If you have any questions or need assistance, feel free to reach out to the project maintainers or create an issue in this repository.

Happy GenAI development!


## Setting up
To begin development you can use 2 different approaches: using Python Environment or using Docker. Below are instructions for each approach.

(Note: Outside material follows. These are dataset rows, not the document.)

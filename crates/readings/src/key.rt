// The key by which duplicates are told. A text stays where it is in the pool.
ghost use Rattle.std.specs.Prelude.{◌≡◌, true, cond};
ghost use Rattle.model.specs.Readings.{finite, key_bits, key_of_value, conditional_value_key, same_key};

use crate::number::is_finite;
use crate::text::{is_plain, same_letters, text_at};
use model::{Cell, CellValue, ConditionalValueKey, Span};

// The bits of a number, -0 taken as +0.
#[tactic(auto, unfolding(model::specs::Readings::key_bits))]
fn key_bits(x: f64) -> u64
    requires { finite x ≡ true }
    ensures { result ≡ key_bits x }
{
    let bits = x.to_bits();
    if bits == 0x8000_0000_0000_0000 {
        0
    } else {
        bits
    }
}

fn number_key(x: f64) -> Option<ConditionalValueKey>
    ensures { result ≡ cond (finite x) (Some (ConditionalValueKey.Number (key_bits x))) None }
{
    if is_finite(x) {
        Some(ConditionalValueKey::Number(key_bits(x)))
    } else {
        None
    }
}

#[tactic(auto, using(crate::proofs::Bytes::then_is), unfolding(model::specs::Readings::key_of_value))]
fn text_key(span: Span, pool: &[u8]) -> Option<ConditionalValueKey>
    ensures { result ≡ key_of_value pool.now (CellValue.Text span) }
{
    is_plain(text_at(pool, span)).then_some(ConditionalValueKey::Text(span))
}

// Port of conditional_value_key (conditional.rs).
#[tactic(auto, unfolding(model::specs::Readings::conditional_value_key, model::specs::Readings::key_of_value))]
pub fn conditional_value_key(cell: Cell, pool: &[u8]) -> Option<ConditionalValueKey>
    ensures { result ≡ conditional_value_key pool.now cell }
{
    if cell.wraps > 64 {
        return None;
    }
    match cell.value {
        CellValue::Number(x) | CellValue::Date(x) => number_key(x),
        CellValue::Text(span) => text_key(span, pool),
        CellValue::Bool(b) => Some(ConditionalValueKey::Bool(b)),
        CellValue::Error => None,
    }
}

// `==` of two keys in place. No key is the same as none.
#[tactic(auto, unfolding(model::specs::Readings::same_key))]
pub fn same_key(a: Option<ConditionalValueKey>, b: Option<ConditionalValueKey>, pool: &[u8]) -> bool
    ensures { result ≡ same_key pool.now a b }
{
    match (a, b) {
        (Some(ConditionalValueKey::Number(x)), Some(ConditionalValueKey::Number(y))) => x == y,
        (Some(ConditionalValueKey::Text(s)), Some(ConditionalValueKey::Text(t))) => {
            same_letters(text_at(pool, s), text_at(pool, t))
        }
        (Some(ConditionalValueKey::Bool(x)), Some(ConditionalValueKey::Bool(y))) => x == y,
        _ => false,
    }
}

### Setting up Python Environment
Make sure to install miniconda environment:
```
cd ~/
mkdir -p ~/miniconda3
wget https://repo.anaconda.com/miniconda/Miniconda3-latest-Linux-x86_64.sh -O ~/miniconda3/miniconda.sh
bash ~/miniconda3/miniconda.sh -b -u -p ~/miniconda3
~/miniconda3/bin/conda init bash
```
After that just install the package in editable mode:

```
pip install -e .
```

### Setting up Docker
If this is your first time, you probably don't have Docker installed on VM. Execute the following commands:
```
sudo apt update && sudo apt upgrade
sudo apt install make
sudo apt install docker.io
sudo groupadd docker
sudo usermod -aG docker $USER
sudo chmod 777 /var/run/docker.sock
```

### Setting up environment

```
make build && make container
```

If you want to remove it, execute:

```
make clean
```


### Copying resources

Make sure `gcs_source_bucket` field in `llm.yaml` is up to date with the latest extraction in use. Then run the copying python script:
```
python gen_ai/copy_resources.py
```


### Updating BigQuery table

It is currently set up that all the runs are logged into "uhg" dataset in "chertushkin-genai-sa" project. To change the project id - change `bq_project_id` field of `llm.yaml` file. If you receive an error in logging, check if the service account is added to BigQuery IAM of "chertushkin-genai-sa" project. Or whatever the project you specified in the config.